** The problem **
Nothing outside the range below should be printed. Output exactly the lines from the line with "put_comet(&mut line, comet);" to the line with "filename crates/packed_names/src/label.rt", both included.

Data for this exercise START

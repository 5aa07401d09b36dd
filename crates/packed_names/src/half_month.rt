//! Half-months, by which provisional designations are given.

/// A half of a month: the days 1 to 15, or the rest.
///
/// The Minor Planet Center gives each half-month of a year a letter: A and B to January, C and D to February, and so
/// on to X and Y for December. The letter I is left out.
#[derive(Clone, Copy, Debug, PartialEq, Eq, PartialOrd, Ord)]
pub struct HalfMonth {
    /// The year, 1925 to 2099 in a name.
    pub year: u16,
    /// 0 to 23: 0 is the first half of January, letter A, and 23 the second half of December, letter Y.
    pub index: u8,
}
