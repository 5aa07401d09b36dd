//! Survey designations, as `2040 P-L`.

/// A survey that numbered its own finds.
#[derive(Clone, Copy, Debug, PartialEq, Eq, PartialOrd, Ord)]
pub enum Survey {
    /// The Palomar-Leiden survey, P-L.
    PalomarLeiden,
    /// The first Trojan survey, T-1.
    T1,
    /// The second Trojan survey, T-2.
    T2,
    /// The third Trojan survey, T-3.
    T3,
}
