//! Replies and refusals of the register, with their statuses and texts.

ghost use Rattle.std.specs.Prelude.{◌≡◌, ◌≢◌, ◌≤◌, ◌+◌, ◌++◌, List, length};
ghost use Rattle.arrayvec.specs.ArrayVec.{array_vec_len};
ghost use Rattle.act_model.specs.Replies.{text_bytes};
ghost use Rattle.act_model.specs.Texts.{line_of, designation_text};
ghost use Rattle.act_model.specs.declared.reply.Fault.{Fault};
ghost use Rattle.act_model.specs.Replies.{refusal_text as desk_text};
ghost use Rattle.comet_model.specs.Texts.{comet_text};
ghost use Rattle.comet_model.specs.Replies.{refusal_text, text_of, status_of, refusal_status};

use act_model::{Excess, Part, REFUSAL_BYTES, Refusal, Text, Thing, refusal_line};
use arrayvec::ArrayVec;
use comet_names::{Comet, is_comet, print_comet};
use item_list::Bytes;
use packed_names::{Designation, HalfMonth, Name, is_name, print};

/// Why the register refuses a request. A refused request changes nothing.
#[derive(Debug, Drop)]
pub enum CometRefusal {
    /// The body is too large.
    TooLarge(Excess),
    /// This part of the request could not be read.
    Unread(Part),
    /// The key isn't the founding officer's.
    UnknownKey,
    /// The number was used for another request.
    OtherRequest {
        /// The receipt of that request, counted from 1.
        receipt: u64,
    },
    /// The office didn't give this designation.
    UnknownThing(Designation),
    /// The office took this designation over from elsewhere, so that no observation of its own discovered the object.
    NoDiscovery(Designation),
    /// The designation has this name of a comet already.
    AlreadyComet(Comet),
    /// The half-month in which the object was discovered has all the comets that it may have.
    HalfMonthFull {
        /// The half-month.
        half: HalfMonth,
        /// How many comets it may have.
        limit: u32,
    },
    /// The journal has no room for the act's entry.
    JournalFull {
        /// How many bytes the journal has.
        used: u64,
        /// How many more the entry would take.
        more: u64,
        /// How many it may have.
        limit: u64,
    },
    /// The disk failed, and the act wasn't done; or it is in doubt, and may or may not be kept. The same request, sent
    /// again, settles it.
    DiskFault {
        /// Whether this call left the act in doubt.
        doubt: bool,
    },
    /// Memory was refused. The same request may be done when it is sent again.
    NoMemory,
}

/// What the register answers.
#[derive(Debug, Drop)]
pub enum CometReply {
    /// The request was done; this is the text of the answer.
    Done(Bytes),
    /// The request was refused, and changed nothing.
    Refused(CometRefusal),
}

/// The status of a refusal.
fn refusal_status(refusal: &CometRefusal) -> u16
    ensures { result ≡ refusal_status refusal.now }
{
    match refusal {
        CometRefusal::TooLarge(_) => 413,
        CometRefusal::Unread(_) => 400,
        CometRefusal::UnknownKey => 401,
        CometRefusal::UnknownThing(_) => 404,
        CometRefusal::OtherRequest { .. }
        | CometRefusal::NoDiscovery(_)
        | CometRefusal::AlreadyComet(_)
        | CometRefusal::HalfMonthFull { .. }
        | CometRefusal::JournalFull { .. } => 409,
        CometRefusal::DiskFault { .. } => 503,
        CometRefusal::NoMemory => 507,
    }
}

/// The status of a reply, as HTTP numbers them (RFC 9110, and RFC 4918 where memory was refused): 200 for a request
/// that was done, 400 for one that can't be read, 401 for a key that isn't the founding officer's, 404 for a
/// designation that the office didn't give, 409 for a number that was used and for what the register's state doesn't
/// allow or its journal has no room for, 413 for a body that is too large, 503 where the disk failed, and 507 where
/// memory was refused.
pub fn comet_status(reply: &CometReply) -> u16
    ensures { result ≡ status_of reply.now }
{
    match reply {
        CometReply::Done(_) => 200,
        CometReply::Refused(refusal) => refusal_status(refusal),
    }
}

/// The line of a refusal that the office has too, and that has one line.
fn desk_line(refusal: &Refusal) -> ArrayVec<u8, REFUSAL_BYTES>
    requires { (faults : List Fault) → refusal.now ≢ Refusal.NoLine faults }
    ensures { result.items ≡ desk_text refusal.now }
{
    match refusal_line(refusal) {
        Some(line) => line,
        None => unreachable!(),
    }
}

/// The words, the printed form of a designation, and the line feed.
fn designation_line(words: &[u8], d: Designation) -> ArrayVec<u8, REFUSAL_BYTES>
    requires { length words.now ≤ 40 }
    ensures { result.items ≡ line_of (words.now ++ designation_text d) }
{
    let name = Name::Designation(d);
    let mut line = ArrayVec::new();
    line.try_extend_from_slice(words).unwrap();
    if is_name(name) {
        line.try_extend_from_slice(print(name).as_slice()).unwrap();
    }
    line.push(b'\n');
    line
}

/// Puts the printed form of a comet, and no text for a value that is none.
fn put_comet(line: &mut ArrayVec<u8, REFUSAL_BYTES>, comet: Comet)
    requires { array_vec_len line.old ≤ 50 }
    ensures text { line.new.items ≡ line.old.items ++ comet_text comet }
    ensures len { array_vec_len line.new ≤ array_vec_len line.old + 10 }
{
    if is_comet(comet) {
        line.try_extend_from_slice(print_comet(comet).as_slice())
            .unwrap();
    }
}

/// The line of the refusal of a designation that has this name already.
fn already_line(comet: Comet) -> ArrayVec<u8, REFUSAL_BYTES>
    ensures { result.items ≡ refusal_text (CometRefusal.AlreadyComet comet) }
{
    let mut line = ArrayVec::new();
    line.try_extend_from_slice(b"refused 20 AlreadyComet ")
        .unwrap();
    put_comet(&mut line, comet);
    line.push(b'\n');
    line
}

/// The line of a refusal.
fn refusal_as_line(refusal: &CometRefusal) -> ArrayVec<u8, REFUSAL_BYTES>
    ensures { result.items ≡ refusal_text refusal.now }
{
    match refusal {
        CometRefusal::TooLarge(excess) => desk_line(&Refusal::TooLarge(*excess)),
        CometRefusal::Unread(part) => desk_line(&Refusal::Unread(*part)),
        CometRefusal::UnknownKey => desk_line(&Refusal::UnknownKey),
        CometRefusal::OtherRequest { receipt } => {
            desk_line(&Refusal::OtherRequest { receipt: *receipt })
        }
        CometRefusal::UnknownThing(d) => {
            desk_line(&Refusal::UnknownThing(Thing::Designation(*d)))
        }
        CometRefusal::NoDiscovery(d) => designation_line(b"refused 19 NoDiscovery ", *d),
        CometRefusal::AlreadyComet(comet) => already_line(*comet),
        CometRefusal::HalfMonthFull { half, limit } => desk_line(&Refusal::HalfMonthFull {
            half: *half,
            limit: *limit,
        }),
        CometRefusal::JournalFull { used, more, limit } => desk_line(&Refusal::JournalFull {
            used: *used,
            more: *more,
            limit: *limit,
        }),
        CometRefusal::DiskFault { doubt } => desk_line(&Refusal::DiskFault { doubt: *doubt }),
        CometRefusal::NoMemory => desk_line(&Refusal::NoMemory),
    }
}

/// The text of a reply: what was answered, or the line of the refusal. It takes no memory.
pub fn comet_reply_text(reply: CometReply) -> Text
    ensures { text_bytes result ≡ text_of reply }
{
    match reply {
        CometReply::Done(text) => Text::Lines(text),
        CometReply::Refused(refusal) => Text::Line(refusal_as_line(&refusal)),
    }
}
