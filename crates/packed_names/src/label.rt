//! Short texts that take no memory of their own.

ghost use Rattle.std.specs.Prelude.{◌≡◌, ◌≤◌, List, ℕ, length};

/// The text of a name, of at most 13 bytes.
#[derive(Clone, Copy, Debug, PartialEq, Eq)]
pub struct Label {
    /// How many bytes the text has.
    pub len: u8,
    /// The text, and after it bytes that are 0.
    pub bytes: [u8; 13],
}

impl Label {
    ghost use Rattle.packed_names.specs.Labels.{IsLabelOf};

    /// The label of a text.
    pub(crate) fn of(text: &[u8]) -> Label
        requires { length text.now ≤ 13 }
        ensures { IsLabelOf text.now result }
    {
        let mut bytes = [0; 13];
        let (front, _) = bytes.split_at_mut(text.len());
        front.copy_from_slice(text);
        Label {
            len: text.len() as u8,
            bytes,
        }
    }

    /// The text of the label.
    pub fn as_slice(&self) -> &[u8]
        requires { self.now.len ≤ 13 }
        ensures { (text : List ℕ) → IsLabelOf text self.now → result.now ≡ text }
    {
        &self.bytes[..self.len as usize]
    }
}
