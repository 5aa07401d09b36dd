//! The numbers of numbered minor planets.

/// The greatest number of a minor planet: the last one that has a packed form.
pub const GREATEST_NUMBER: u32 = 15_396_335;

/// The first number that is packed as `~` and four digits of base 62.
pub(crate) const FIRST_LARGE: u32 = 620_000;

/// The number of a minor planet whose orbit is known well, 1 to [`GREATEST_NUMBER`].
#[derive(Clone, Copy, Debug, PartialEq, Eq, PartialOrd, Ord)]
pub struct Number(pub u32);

Data for this exercise END

** Exercise answer **
    put_comet(&mut line, comet);
    line.push(b'\n');
    line
}

/// The line of a refusal.
fn refusal_as_line(refusal: &CometRefusal) -> ArrayVec<u8, REFUSAL_BYTES>
    ensures { result.items ≡ refusal_text refusal.now }
{
    match refusal {
        CometRefusal::TooLarge(excess) => desk_line(&Refusal::TooLarge(*excess)),
        CometRefusal::Unread(part) => desk_line(&Refusal::Unread(*part)),
        CometRefusal::UnknownKey => desk_line(&Refusal::UnknownKey),
        CometRefusal::OtherRequest { receipt } => {
            desk_line(&Refusal::OtherRequest { receipt: *receipt })
        }
        CometRefusal::UnknownThing(d) => {
            desk_line(&Refusal::UnknownThing(Thing::Designation(*d)))
        }
        CometRefusal::NoDiscovery(d) => designation_line(b"refused 19 NoDiscovery ", *d),
        CometRefusal::AlreadyComet(comet) => already_line(*comet),
        CometRefusal::HalfMonthFull { half, limit } => desk_line(&Refusal::HalfMonthFull {
            half: *half,
            limit: *limit,
        }),
        CometRefusal::JournalFull { used, more, limit } => desk_line(&Refusal::JournalFull {
            used: *used,
            more: *more,
            limit: *limit,
        }),
        CometRefusal::DiskFault { doubt } => desk_line(&Refusal::DiskFault { doubt: *doubt }),
        CometRefusal::NoMemory => desk_line(&Refusal::NoMemory),
    }
}

/// The text of a reply: what was answered, or the line of the refusal. It takes no memory.
pub fn comet_reply_text(reply: CometReply) -> Text
    ensures { text_bytes result ≡ text_of reply }
{
    match reply {
        CometReply::Done(text) => Text::Lines(text),
        CometReply::Refused(refusal) => Text::Line(refusal_as_line(&refusal)),
    }
}
filename crates/packed_names/src/label.rt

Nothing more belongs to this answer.